> **The task**
The answer should consist of each line from the data below that includes "specs".

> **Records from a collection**

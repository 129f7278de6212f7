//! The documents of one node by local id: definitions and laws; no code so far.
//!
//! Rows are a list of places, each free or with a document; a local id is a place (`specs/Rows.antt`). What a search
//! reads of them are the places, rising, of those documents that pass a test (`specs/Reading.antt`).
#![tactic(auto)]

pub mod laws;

> **Reply**
//! Rows are a list of places, each free or with a document; a local id is a place (`specs/Rows.antt`). What a search
//! reads of them are the places, rising, of those documents that pass a test (`specs/Reading.antt`).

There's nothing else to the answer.